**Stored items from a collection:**

↓↓↓

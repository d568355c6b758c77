// Tickets, and what becomes of them.
ghost use Rattle.examples.specs.Tickets.{IsOpen};

use super::Host;
use crate::compare::{UNWRITTEN, is_unwritten, is_written};
use crate::example::{End, Failing};
use crate::tally::Tally;
use crate::tickets::{fail, park, pick, take};
use codes::Refusal;
use router::{Router, Ticket};
use stores::Store;

pub(super) fn clear(output: &mut [u8]) {
    output.fill(UNWRITTEN);
}

// Octets that are answered, or a refusal by its number.
pub(super) fn is_reply(answer: Result<&[u8], Refusal>, reply: Result<&[u8], u8>) -> bool {
    match (answer, reply) {
        (Ok(octets), Ok(expected)) => octets == expected,
        (Err(refusal), Err(number)) => u8::from(refusal) == number,
        _ => false,
    }
}

// What failing answered, and what it left in the output.
fn is_failed(answer: Result<usize, Refusal>, output: &[u8], reply: Result<&[u8], u8>) -> bool {
    match (answer, reply) {
        (Ok(length), Ok(octets)) => length == octets.len() && is_written(output, octets),
        (Err(refusal), Err(number)) => u8::from(refusal) == number && is_unwritten(output),
        _ => false,
    }
}

fn end_by_failing<S: Store>(
    tally: &mut Tally<'_>,
    router: &mut Router<S>,
    pool: &[u8],
    output: &mut [u8],
    ticket: Ticket,
    failing: Failing,
)
    requires { IsOpen router.old ticket }
{
    clear(output);
    let pool_length = failing.pool.min(pool.len());
    let output_length = failing.output.min(output.len());
    let answer = fail(
        router,
        &pool[..pool_length],
        &mut output[..output_length],
        ticket,
    );
    tally.compare(
        "what failing answers and writes",
        is_failed(answer, output, failing.reply),
    );
}

// The ticket comes to this end, and no longer is in hand.
pub(super) fn end<S: Store>(
    tally: &mut Tally<'_>,
    router: &mut Router<S>,
    pool: &[u8],
    output: &mut [u8],
    ticket: Ticket,
    end: End,
)
    requires { IsOpen router.old ticket }
{
    match end {
        End::Taken => take(router, ticket),
        End::Failed(failing) => end_by_failing(tally, router, pool, output, ticket, failing),
        End::Parked => {
            let number = ticket.number();
            let parked = park(router, ticket);
            tally.compare("the number of a parked ticket", parked == number);
        }
    }
}

impl<'a, S: Store> Host<'a, S> {
    pub(super) fn pick(&mut self, tally: &mut Tally<'_>, number: u32, how: End) {
        match pick(&mut self.router, number) {
            Ok(ticket) => {
                tally.compare("the ticket of a number", ticket.number() == number);
                end(
                    tally,
                    &mut self.router,
                    self.pool.as_slice(),
                    self.output.as_mut_slice(),
                    ticket,
                    how,
                );
            }
            Err(_) => tally.compare("picking a parked number", false),
        }
    }

    pub(super) fn refuse_pick(&mut self, tally: &mut Tally<'_>, number: u32) {
        match pick(&mut self.router, number) {
            Ok(ticket) => {
                park(&mut self.router, ticket);
                tally.compare("picking a number that is not parked", false);
            }
            Err(refusal) => tally.compare("the refusal of a number", u8::from(refusal) == 17),
        }
    }

    // The payload of a parked number.
    pub(super) fn payload(
        &mut self,
        tally: &mut Tally<'_>,
        number: u32,
        pool_length: usize,
        reply: Result<&[u8], u8>,
    ) {
        let pool_length = pool_length.min(self.pool.len());
        match pick(&mut self.router, number) {
            Ok(ticket) => {
                let answer = self.router.payload(&self.pool[..pool_length], &ticket);
                tally.compare("the payload of a number", is_reply(answer, reply));
                park(&mut self.router, ticket);
            }
            Err(_) => tally.compare("picking a parked number", false),
        }
    }
}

↑↑↑

**EXERCISE GOAL:** Out of the data above, transcribe exactly and only the lines starting with the line that has "use crate::tally::Tally;" and going on through the line that has "impl<'a, S: Store>", both included.

**YOUR RESPONSE:**
use crate::tally::Tally;
use crate::tickets::{fail, park, pick, take};
use codes::Refusal;
use router::{Router, Ticket};
use stores::Store;

pub(super) fn clear(output: &mut [u8]) {
    output.fill(UNWRITTEN);
}

// Octets that are answered, or a refusal by its number.
pub(super) fn is_reply(answer: Result<&[u8], Refusal>, reply: Result<&[u8], u8>) -> bool {
    match (answer, reply) {
        (Ok(octets), Ok(expected)) => octets == expected,
        (Err(refusal), Err(number)) => u8::from(refusal) == number,
        _ => false,
    }
}

// What failing answered, and what it left in the output.
fn is_failed(answer: Result<usize, Refusal>, output: &[u8], reply: Result<&[u8], u8>) -> bool {
    match (answer, reply) {
        (Ok(length), Ok(octets)) => length == octets.len() && is_written(output, octets),
        (Err(refusal), Err(number)) => u8::from(refusal) == number && is_unwritten(output),
        _ => false,
    }
}

fn end_by_failing<S: Store>(
    tally: &mut Tally<'_>,
    router: &mut Router<S>,
    pool: &[u8],
    output: &mut [u8],
    ticket: Ticket,
    failing: Failing,
)
    requires { IsOpen router.old ticket }
{
    clear(output);
    let pool_length = failing.pool.min(pool.len());
    let output_length = failing.output.min(output.len());
    let answer = fail(
        router,
        &pool[..pool_length],
        &mut output[..output_length],
        ticket,
    );
    tally.compare(
        "what failing answers and writes",
        is_failed(answer, output, failing.reply),
    );
}

// The ticket comes to this end, and no longer is in hand.
pub(super) fn end<S: Store>(
    tally: &mut Tally<'_>,
    router: &mut Router<S>,
    pool: &[u8],
    output: &mut [u8],
    ticket: Ticket,
    end: End,
)
    requires { IsOpen router.old ticket }
{
    match end {
        End::Taken => take(router, ticket),
        End::Failed(failing) => end_by_failing(tally, router, pool, output, ticket, failing),
        End::Parked => {
            let number = ticket.number();
            let parked = park(router, ticket);
            tally.compare("the number of a parked ticket", parked == number);
        }
    }
}

impl<'a, S: Store> Host<'a, S> {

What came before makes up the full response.